Question

AllElectronics carries 1000 products, P1, . . . , P1000. Consider customers Ada, Bob, and Cathy such that Ada and Bob purchase three products in common, P1,P2, and P3. For the other 997 products, Ada and Bob independently purchase seven of them randomly. Cathy purchases 10 products, randomly selected from the 1000 products. In Euclidean distance, what is the probability that dist(Ada,Bob) > dist(Ada,Cathy)

Answer 1

Answer:

The probability that dist(Ada,Bob)>(Ada,Cathy)  is very small as there is very large number of range to choose the product ==4.7*10^-9.

Step-by-step explanation:

Given:

Ada ,bob and cathy purchase electronics carries

Ada and bob commonly take 3 products and 7 independently.

And Cathy take 10  products on its own .

To Find:

probability that    dist(Ada,bob)>dis(Ada,Cathy)?

Solution:

Using Euclidean distance  is distance formula used in coordinate geometry simply known as Distance formula,

this problem is related to Euclidean Distance and Jaccard Similarity in Data mining.

1st calculate probability for x such that ,

$3\leq x\leq 10$   as there are 3 common products.

P($3\leq x\leq 10$)

=$\frac{7C(x-3)*990C(10-x)}{997C7}$.............. where x=3,4,5....10. ..........(equation 1).

Now calculate for each term,we get

When

x=3,P(x=3)=0.95

x=4,P(x=4)=$6.8*10^{-3}$

x=5,P(x=5)=$4.1*10^{-5}$

x=6,P(x=6)=2.1*10^-7

x=7,P(x=7)=8.5*10^-10

x=8,P(x=8)=2.6*10^-12

x=9,P(x=9)=5.2*10^-15

x=10,P(x=10)=5.3*10^-18.

Now calculating the Euclidean distance,

It is distance between two points ,

So there are total of 2 points as Ada and bob

they have 3 products in common

and 7 independent products ,7  Ada and 7 bob

Total of 17 products .

1,2,3,4,5,6..........,16,17.

Consider each product number as distance between them ,

(Suppose 5 product and 1 product distance will be 4)

Similarly,

Suppose Ada is at 3rd number at the  3 product (as they have 3 product same.)

and bob  at product 17.

Hence when 3 products are similar distance between Ada and bob will be of 14.
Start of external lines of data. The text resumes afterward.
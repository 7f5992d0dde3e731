// Columns of many rows.

// Every value of a column from an index on, each `gap` further: the first, and each time a step more.
pub fn stepped(column: &mut [u32], from: usize, first: u32, step: u32, gap: usize) {
    if gap == 0 {
        return;
    }
    let mut value = first;
    for place in column.iter_mut().skip(from).step_by(gap) {
        *place = value;
        value = value.wrapping_add(step);
    }
}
Euclidean distance =$\sqrt{14}$.

Hence the Jaccard similarity =(Ada intersection Bob)/(Ada union bob)

=3/14

When 4 products are same means both will selected 6 and 6 independent product so that  the each one will get 10 products i.e. starting condition should remain same .

Hence now  bob will be at 16th term as it will take one more same product in between them

So no of same products will be 4,

Hence Ada will be at 4th term and bob will be at 16

So Euclidean distance =$\sqrt{12}$.

Similar For Next terms we can conclude as follows:

When

X=5 , dist(ada,bob)=$\sqrt{10}$,

X=6,dist(Ada,Bob)=$\sqrt{8}$

X=7,dist(Ada,Bob)=$\sqrt{6}$

X=8,dist(Ada,Bob)=$\sqrt{4}$

X=9,dist(Ada,Bob)=$\sqrt{2}$

X=10,dist(Ada,Bob)=$\sqrt{0}$.

Now for( Ada and cathy)

Here X ranges different but use same concept as above

Each term analog to the distance between them

Suppose 1st and 3rd term distance will be 2

First calculate

P($1\leq x\leq 10$) as Cathy selects 10 products with no common between them.

P($1\leq x\leq 10$)

=$\frac{10Cx*990C(10-x)}{1000C10}$..................equation (2)

Calculate for each term As x=1,2,3...8,9,10.

Hence

P(X=1)=9.23*10^-3  P(X=5)=3*10^-11     P(X=9)=3.8*10^-21

P(X=2)=8.4*10^-5   P(X=6)=1.5*10^-13   P(X=10)=3.8*10^-21

P(X=3)=6.9*10^-7   P(X=7)=6.1*10^-16

P(X=4)=4.9*10^-9   P(X=8)=1.9*10^-18

So Ada will have 10 products and Cathy will have 10 products

Namely,

1,2,3,4,5.......18,19,20.

So suppose 1 product is same between them will be ,

both will have 1 product so remaining will be 19 products.

Jaccard similarity =1/19

Distance to reach 1 to 19th product will be 18

So Euclidean distance =$\sqrt{18}$

For next when they will 2 products in same remaining will be 18

Jaccard similarity =2/18

And Distance to reach  2 to 18 th product will be  16

Euclidean distance =$\sqrt{16}$

Similar for  other

When

x=3 dist(Ada, Cathy)=$\sqrt{14}$

x=4 dist(Ada, Cathy)=$\sqrt{12}$

x=5  dist(Ada, Cathy)=$\sqrt{10}$

x=6  dist(Ada, Cathy)=$\sqrt{8}$

x=7  dist(Ada, Cathy)=$\sqrt{6}$

x=8  dist(Ada, Cathy)=$\sqrt{4}$

x=9  dist(Ada, Cathy)=$\sqrt{2}$

x=10  dist(Ada, Cathy)=$\sqrt{0}$

This sqrt(0) means both are holding same products hence they are at same point on the graph so distance with itself will be zero.

Now the Probability of distance of dist(Ada,Bob)>dist(Ada,cathy) will be

=multiplying both the probabilities equations (Adding each term probabilities and multiplying )

=Equation(1) *Equation( 2).

=Summation Of P(3≤x≤10)*summation of P(1≤x≤10)

=4.7*10^-9.

In larger number of product event of in large space ,it is difficult( less likely)  that they will chose same product .